2/For all of the doubts raised about the effectiveness of international aid in advancing peace and development, there are few examples of countries in the global South that are even relatively untouched by it.
3/Somaliland’s level of isolation from the international system during its foundational years (roughly 1991-2001) is so unusual that it offers a rare window onto post-conflict reconstruction in the absence of significant external intervention.
4/This book is about how peace and relative order emerged in Somaliland in the absence of aid or other forms of external intervention, and asks what this suggests about why poverty and conflict persists elsewhere in the global South.
5/Takeaway: Aid matters less than we think to the prospects for peace and development because it is does not challenge the broader asymmetries that entrench violence and poverty.

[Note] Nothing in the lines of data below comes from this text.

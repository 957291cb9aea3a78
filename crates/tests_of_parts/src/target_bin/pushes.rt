//! Sections that are given back to a bin.

use super::Call::{Clone, Push, Remove};
use super::Pushed::{Accepted, OutOfBounds, Overlaps};
use super::{Script, runs};
use rectangle_pack::{PushBinSectionError, TargetBin};
use std::alloc::Global;
use std::process::Abort;
use std::test::Fail;
use tests_support::each_request::{End, is_refused};
use tests_support::refusing::Refusing;
use tests_support::shapes::{has_list, section};

const SHEET: [u32; 6] = [0, 0, 0, 100, 100, 1];

// Which sections a bin accepts, and which is named as the first in the way.
fn scripts() -> &'static [Script] {
    const SCRIPTS: &[Script] = &[
        script!("a new bin"; New [4, 5, 6] => &[[0, 0, 0, 4, 5, 6]]),
        // An empty section shares no cell with the whole bin, also where the bin ends.
        script!("pushes into a new bin"; New [100, 100, 1] => &[SHEET];
            Push([101, 0, 0, 1, 1, 1], OutOfBounds) => &[SHEET],
            Push([0, 0, 0, 1, 1, 1], Overlaps(SHEET)) => &[SHEET],
            Push([1, 1, 0, 1, 1, 1], Overlaps(SHEET)) => &[SHEET],
            Push([100, 0, 0, 0, 1, 1], Accepted) => &[SHEET, [100, 0, 0, 0, 1, 1]]),
        script!("a push after a removal"; New [100, 100, 1] => &[SHEET];
            Remove(0) => &[], Push([1, 2, 0, 1, 1, 1], Accepted) => &[[1, 2, 0, 1, 1, 1]]),
        // The fourth one shares cells too, but the bounds are asked first.
        script!("the first overlap is named"; Pushed [10, 10, 1] => &[];
            Push([0, 0, 0, 4, 4, 1], Accepted) => &[[0, 0, 0, 4, 4, 1]],
            Push([6, 6, 0, 4, 4, 1], Accepted) => &[[0, 0, 0, 4, 4, 1], [6, 6, 0, 4, 4, 1]],
            Push([3, 3, 0, 4, 4, 1], Overlaps([0, 0, 0, 4, 4, 1])) => &[[0, 0, 0, 4, 4, 1],
                [6, 6, 0, 4, 4, 1]],
            Push([7, 7, 0, 4, 4, 1], OutOfBounds) => &[[0, 0, 0, 4, 4, 1], [6, 6, 0, 4, 4, 1]],
            Push([4, 0, 0, 6, 6, 1], Accepted) => THREE),
    ];
    SCRIPTS
}

const THREE: &[[u32; 6]] = &[[0, 0, 0, 4, 4, 1], [6, 6, 0, 4, 4, 1], [4, 0, 0, 6, 6, 1]];

// Each request for memory is refused in turn.
#[test]
fn pushes(rt: HostRuntime) {
    let alloc = rt.alloc();
    for script in scripts() {
        runs(&rt, alloc, script);
    }
}

// The cells of these numbers in a row.
macro_rules! cells {
    ($($number:literal),*) => {
        &[$([$number, 0, 0, 1, 1, 1]),*]
    };
}

const ROW: &[[u32; 6]] = cells![
    0, 1, 2, 3, 4, 5, 6, 7, 8, 9, 10, 11, 12, 13, 14, 15, 16, 17, 18, 19
];

// Scripts in which a request is refused once the bin is made.
fn refused() -> &'static [Script] {
    const REFUSED: &[Script] = &[
        script!("checked pushes"; Pushed [20, 20, 1] => ROW),
        script!("unchecked pushes"; Unchecked [20, 20, 1] => ROW),
        script!("a clone of a new bin"; New [4, 5, 6] => &[[0, 0, 0, 4, 5, 6]];
            Clone => &[[0, 0, 0, 4, 5, 6]]),
    ];
    REFUSED
}

#[test]
fn pushes_that_take_memory(rt: HostRuntime) {
    let alloc = rt.alloc();
    for script in refused() {
        assert!(rt; runs(&rt, alloc, script), "{}", script.subject);
    }
}

// The first six of a row, three at a time, in a bin 20x20x1 without free sections. Refused, the
// list stays.
fn adds_a_row(rt: &impl Abort, alloc: Refusing) -> End {
    let Ok(mut bin) = TargetBin::new(alloc, 20, 20, 1) else {
        return End::Before;
    };
    bin.remove_filled_section(0);
    let first = [
        section(0, 0, 0, 1, 1, 1),
        section(1, 0, 0, 1, 1, 1),
        section(2, 0, 0, 1, 1, 1),
    ];
    if bin.add_new_sections(first).is_err() {
        assert!(rt; has_list(&bin, &[]));
        return End::Refused;
    }
    let second = [
        section(3, 0, 0, 1, 1, 1),
        section(4, 0, 0, 1, 1, 1),
        section(5, 0, 0, 1, 1, 1),
    ];
    if bin.add_new_sections(second).is_err() {
        assert!(rt; has_list(&bin, ROW.get(..3).unwrap_or(&[])));
        return End::Refused;
    }
    assert!(rt; has_list(&bin, ROW.get(..6).unwrap_or(&[])));
    End::Done
}

#[test]
fn new_sections(rt: HostRuntime) -> Result<(), Fail> {
    let refused = is_refused(rt.alloc(), |refusing| Ok(adds_a_row(&rt, refusing)))?;
    assert!(rt; refused);
    Ok(())
}

const CHANGED: [[u32; 6]; 6] = [
    [0, 0, 0, 4, 4, 1],
    [6, 6, 0, 4, 4, 1],
    [4, 0, 0, 6, 6, 1],
    [0, 4, 0, 4, 6, 1],
    [4, 6, 0, 2, 2, 1],
    [4, 8, 0, 2, 2, 1],
];

// New sections without the empty one, and a push that is not checked, on a clone.
#[test]
fn clone_has_its_own_list(rt: HostRuntime) -> Result<(), Fail> {
    let mut bin = TargetBin::new(rt.alloc(), 10, 10, 1)?;
    bin.remove_filled_section(0);
    bin.push_available_bin_section(section(0, 0, 0, 4, 4, 1))?;
    bin.push_available_bin_section(section(6, 6, 0, 4, 4, 1))?;
    bin.push_available_bin_section(section(4, 0, 0, 6, 6, 1))?;
    let mut other = bin.clone()?;
    other.add_new_sections([
        section(0, 4, 0, 4, 6, 1),
        section(4, 6, 0, 0, 1, 1),
        section(4, 6, 0, 2, 2, 1),
    ])?;
    assert!(rt; has_list(&other, &CHANGED[..5]));
    let last = section(4, 8, 0, 2, 2, 1);
    assert!(rt; other.accepts(&last));
    other.push_available_bin_section_unchecked(last)?;
    assert!(rt; has_list(&other, &CHANGED));
    assert!(rt; has_list(&bin, &CHANGED[..3]));
    assert_eq!(rt; other.max_size(), bin.max_size());
    Ok(())
}

const OUT_OF_BOUNDS: &str = "BinSection(BinSection { x: 0, y: 0, z: 0, \
    whd: WidthHeightDepth { width: 4, height: 4, depth: 1 } })";

const OVERLAPS: &str = "Overlaps { remaining_section: BinSection { x: 0, y: 0, z: 0, \
    whd: WidthHeightDepth { width: 4, height: 4, depth: 1 } }, \
    new_section: BinSection { x: 3, y: 3, z: 0, \
    whd: WidthHeightDepth { width: 4, height: 4, depth: 1 } } }";

// The error's text is this.
fn prints(
    rt: &impl Abort,
    alloc: Global,
    error: &PushBinSectionError,
    text: &str,
) -> Result<(), Fail> {
    assert_eq!(rt; format!(in alloc; "{error}")?.as_str(), text);
    Ok(())
}

#[test]
fn texts_of_errors(rt: HostRuntime) -> Result<(), Fail> {
    let alloc = rt.alloc();
    let a = section(0, 0, 0, 4, 4, 1);
    let overlaps = PushBinSectionError::Overlaps {
        remaining_section: a,
        new_section: section(3, 3, 0, 4, 4, 1),
    };
    prints(
        &rt,
        alloc,
        &PushBinSectionError::OutOfBounds(a),
        OUT_OF_BOUNDS,
    )?;
    prints(&rt, alloc, &overlaps, OVERLAPS)?;
    prints(
        &rt,
        alloc,
        &PushBinSectionError::OutOfMemory(a),
        "Out of memory.",
    )
}
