// Looks for the last section of a block that holds the member, at each of its places from the last
// on.
#[inline(always)]
fn last_of(sections: &[BinSection], gaps: u8, member: &RectToInsert) -> Search
    requires { length sections.now ≤ 8 }
    ensures found { MatchOption result.place
        (NoneHolds (places_of sections.now (bits_of gaps)) member.now result.tests)
        (λ place. IsLastHolding (places_of sections.now (bits_of gaps)) member.now place
        result.tests) }
    ensures place { IfSome result.place (λ place. place < length sections.now) }
    ensures most { result.tests ≤ length sections.now }
{
    let mut end = sections.len();
    let mut tests = 0;
    while end > 0 {
        end -= 1;
        if !has_gap(gaps, end) {
            tests += 1;
            if holds(&sections[end], member) {
                return Search {
                    place: Some(end),
                    tests,
                };
            }
        }
    }
    Search { place: None, tests }
}

impl<A: Allocator + Copy> GapList<A> {
    // A list without sections. Takes no memory.
    pub(crate) fn new(alloc: A) -> Self
        ensures { result.all ≡ [] }
    {
        GapList {
            sections: Vec::new(alloc),
            gaps: Vec::new(alloc),
            blocks: Vec::new(alloc),
            rows: Vec::new(alloc),
        }
    }

    // Sets an index beside a list, which is taken, with room for `extra` places more. Fails only
    // when memory is refused, and leaves the list then.
    pub(crate) fn over(sections: &mut Vec<BinSection, A>, extra: usize) -> Result<Self, AllocError>
        ensures all { IfOk result (λ l. l.all ≡ map (λ s. Some s) sections.old.items) }
        ensures room { IfOk result (λ l. length l.all + extra ≤ l.room) }
        ensures small { IfOk result (λ l. length l.all + extra < 2 ^ 64) }
        ensures capacity { IfOk result (λ l. vec_capacity sections.old ≤ l.capacity) }
        ensures err { OnErr result (sections.new.items ≡ sections.old.items) }
        ensures err_room { OnErr result (vec_capacity sections.old ≤ vec_capacity sections.new) }
    {
        let alloc = *sections.allocator();
        sections.reserve(extra)?;
        let most = sections.len() + extra;
        let mut gaps = Vec::with_capacity(alloc, most.div_ceil(BLOCK))?;
        gaps.resize(sections.len().div_ceil(BLOCK), 0)?;
        let blocks = sum_blocks(alloc, sections.as_slice(), gaps.as_slice(), most / BLOCK)?;
        let rows = sum_rows(alloc, blocks.as_slice(), most / ROW)?;
        let taken = mem::replace(sections, Vec::new(alloc));
        Ok(GapList {
            sections: taken,
            gaps,
            blocks,
            rows,
        })
    }

    // Makes room for `extra` places more. Fails only when memory is refused, and leaves the list.
    pub(crate) fn reserve(&mut self, extra: usize) -> Result<(), AllocError>
        ensures ok { OnOk result (length self.old.all + extra ≤ self.new.room) }
        ensures small { OnOk result (length self.old.all + extra < 2 ^ 64) }
        ensures all { self.new.all ≡ self.old.all }
        ensures under { self.new.under ≡ self.old.under }
        ensures capacity { self.old.capacity ≤ self.new.capacity }
    {
        self.sections.reserve(extra)?;
        let most = self.sections.len() + extra;
        self.gaps.reserve(most.div_ceil(BLOCK) - self.gaps.len())?;
        self.blocks.reserve(most / BLOCK - self.blocks.len())?;
        self.rows.reserve(most / ROW - self.rows.len())?;
        Ok(())
    }

    // How many places there are, gaps too.
    pub(crate) fn places(&self) -> usize
        ensures all { result ≡ length self.now.all }
        ensures under { result ≡ length self.now.under }
    {
        self.sections.len()
    }

    // Puts a section at the end of the list. The caller sees to it that there is room. Takes no
    // memory.
    pub(crate) fn push_reserved(&mut self, section: BinSection)
        requires { length self.old.all < self.old.room }
        ensures all { self.new.all ≡ self.old.all ++ Some section ∷ [] }
        ensures under { self.new.under ≡ self.old.under ++ section ∷ [] }
        ensures room { self.new.room ≡ self.old.room }
        ensures capacity { self.new.capacity ≡ self.old.capacity }
    {
        push_place(&mut self.gaps, self.sections.len());
        self.sections.push_reserved(section);
        sum_last_block(
            &mut self.blocks,
            self.sections.as_slice(),
            self.gaps.as_slice(),
        );
        sum_last_row(&mut self.rows, self.blocks.as_slice());
    }

    // Looks for the last section that holds the member.
    pub(crate) fn last_holding(&self, member: &RectToInsert) -> Search
        ensures found { MatchOption result.place
            (NoneHolds self.now.all member.now result.tests)
            (λ place. IsLastHolding self.now.all member.now place result.tests) }
    {
        let size = WidthHeightDepth::from(*member);
        let mut end = self.sections.len();
        let mut tests = 0;
        while end > 0 {
            if let Some((begin, count)) = self.too_small_before(end, &size) {
                end = begin;
                tests += count;
            } else {
                let block = (end - 1) / BLOCK;
                let begin = block * BLOCK;
                let found = last_of(&self.sections[begin..end], self.gaps[block], member);
                tests += found.tests;
                if let Some(at) = found.place {
                    return Search {
                        place: Some(begin + at),
                        tests,
                    };
                }
                end = begin;
            }
        }
        Search { place: None, tests }
    }

    // Where a row or a block ends here, and its summary shows that no section in it holds the size:
    // where it begins, and how many sections stand in it.
    #[inline(always)]
    fn too_small_before(&self, end: usize, size: &WidthHeightDepth) -> Option<(usize, usize)>
        requires from { 0 < end }
        requires to { end ≤ length self.now.all }
        ensures begin { IfSome result (λ r. r.0 < end) }
        ensures none { IfSome result
            (λ r. NoneHolds (take (end - r.0) (drop r.0 self.now.all)) size.now r.1) }
    {
        if end % BLOCK > 0 {
            return None;
        }
        if let Some(count) = count_if_too_small(self.rows.as_slice(), ROW, end, size) {
            return Some((end - ROW, count));
        }
        match count_if_too_small(self.blocks.as_slice(), BLOCK, end, size) {
            Some(count) => Some((end - BLOCK, count)),
            None => None,
        }
    }

    // Takes a section out, and leaves a gap. The caller sees to it that there is one at this place.
    // Takes no memory.
    pub(crate) fn take(&mut self, place: usize) -> BinSection
        requires within { place < length self.old.all }
        requires full { IsSome (slice_index_or self.old.all place None) }
        ensures section { slice_index_or self.old.all place None ≡ Some result }
        ensures all { self.new.all ≡ set self.old.all place None }
        ensures under { self.new.under ≡ self.old.under }
        ensures entry { entry self.old.under place ≡ result }
        ensures room { self.new.room ≡ self.old.room }
        ensures capacity { self.new.capacity ≡ self.old.capacity }
    {
        let section = self.sections[place];
        self.mark(place, true);
        section
    }

    // Says of a place whether it is a gap.
    fn mark(&mut self, place: usize, is_gap: bool)
        requires { place < length self.old.all }
        ensures all { self.new.all ≡ set self.old.all place
            (if is_gap then None else Some (entry self.old.under place)) }
        ensures under { self.new.under ≡ self.old.under }
        ensures room { self.new.room ≡ self.old.room }
        ensures capacity { self.new.capacity ≡ self.old.capacity }
    {
        let block = place / BLOCK;
        self.gaps[block] = marked(self.gaps[block], place % BLOCK, is_gap);
        sum_block_anew(
            &mut self.blocks,
            self.sections.as_slice(),
            self.gaps.as_slice(),
            place,
        );
        sum_row_anew(&mut self.rows, self.blocks.as_slice(), place);
    }

    // Takes off the last places, so that `places` are left. Takes no memory.
    pub(crate) fn truncate(&mut self, places: usize)
        requires { places ≤ length self.old.all }
        ensures all { self.new.all ≡ take places self.old.all }
        ensures under { self.new.under ≡ take places self.old.under }
        ensures room { self.new.room ≡ self.old.room }
        ensures capacity { self.new.capacity ≡ self.old.capacity }
    {
        self.sections.truncate(places);
        self.gaps.truncate(places.div_ceil(BLOCK));
        self.blocks.truncate(places / BLOCK);
        self.rows.truncate(places / ROW);
    }

    // Takes the sections, closed up, and leaves an empty list. Takes no memory.
    pub(crate) fn take_sections(&mut self) -> Vec<BinSection, A>
        ensures items { result.items ≡ sections_of self.old.all }
        ensures capacity { vec_capacity result ≡ self.old.capacity }
    {
        let none = Vec::new(*self.sections.allocator());
        let mut sections = mem::replace(&mut self.sections, none);
        close_up(&mut sections, self.gaps.as_slice());
        self.gaps.clear();
        self.blocks.clear();
        self.rows.clear();
        sections
    }

    // Takes the section at this place out, and pushes what is left of it round a member. Answers its
    // location, and how many pieces were pushed.
    pub(crate) fn place_at<R: Policy>(
        &mut self,
        place: usize,
        member: &RectToInsert,
        policy: &R,
    ) -> (PackedLocation, u8)
        requires callable { R.is_callable policy.now }
        requires newest { (tests : ℕ) × IsLastHolding self.old.all member.now place tests }
        requires fits { All FitsU32 (sections_of self.old.all) }
        requires room { length self.old.all + 3 ≤ self.old.room }
        ensures room { self.new.room ≡ self.old.room }
        ensures capacity { self.new.capacity ≡ self.old.capacity }
        ensures no_longer { length self.new.all ≤ length self.old.all + 3 }
        ensures step { (tests : ℕ) → IsLastHolding self.old.all member.now place tests →
            IsStep (R.may policy.now) (sections_of self.old.all) member.now result.0
            (sections_of self.new.all) tests }
        ensures before { before_note (gap_note self.new.under (place, result.1)) self.new.all ≡
            self.old.all }
        ensures under { SameBelow self.old.under self.new.under (length self.old.all) }
        ensures place { place + result.1 < length self.new.all }
    {
        let kept = self.places();
        let section = self.take(place);
        let (location, pieces) = place_in(&section, member, policy);
        self.push_pieces(pieces);
        let pushed = self.places() - kept;
        (location, pushed as u8)
    }

    // Takes the pieces of a step off, and its section is back in its gap. Takes no memory.
    pub(crate) fn undo_one(&mut self, place: usize, pushed: u8)
        requires { place + pushed < length self.old.all }
        ensures all { self.new.all ≡ before_note (gap_note self.old.under (place, pushed)) self.old.all }
        ensures under { SameBelow self.old.under self.new.under (length self.new.all) }
        ensures capacity { self.new.capacity ≡ self.old.capacity }
    {
        let kept = self.places() - usize::from(pushed);
        self.truncate(kept);
        self.mark(place, false);
    }

    // Pushes a piece that has cells, where there is room.
    fn push_piece(&mut self, piece: BinSection)
        requires { length self.old.all < self.old.room }
        ensures all { self.new.all ≡
            self.old.all ++ map (λ s. Some s) (filter has_cells (piece ∷ [])) }
        ensures under { self.new.under ≡ self.old.under ++ filter has_cells (piece ∷ []) }
        ensures room { self.new.room ≡ self.old.room }
        ensures capacity { self.new.capacity ≡ self.old.capacity }
    {
        if has_cells(&piece) {
            self.push_reserved(piece);
        }
    }

    // Pushes the pieces that have cells, in order, where there is room for all.
    fn push_pieces(&mut self, pieces: [BinSection; 3])
        requires { length self.old.all + 3 ≤ self.old.room }
        ensures all { self.new.all ≡ self.old.all ++ map (λ s. Some s) (filter has_cells pieces) }
        ensures under { self.new.under ≡ self.old.under ++ filter has_cells pieces }
        ensures room { self.new.room ≡ self.old.room }
        ensures capacity { self.new.capacity ≡ self.old.capacity }
        ensures no_longer { length self.new.all ≤ length self.old.all + 3 }
    {
        let [first, second, third] = pieces;
        self.push_piece(first);
        self.push_piece(second);
        self.push_piece(third);
    }
}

6/Takeaway: Stronger governance institutions do not necessarily cause peace and civil order. Both can be sustained not only when, but even partly because, domestic institutions cannot reliably control violence.
7/Takeaway: This matters for how we understand what institutions actually *do* when we say that they manage violence. It shows that even ‘strong’ institutions are no guarantee against disorder because order is a function of ideas about what order means.
8/Takeaway: As the current crisis illustrates, change can be very fast, no matter how ‘strong’ we think our institutions are.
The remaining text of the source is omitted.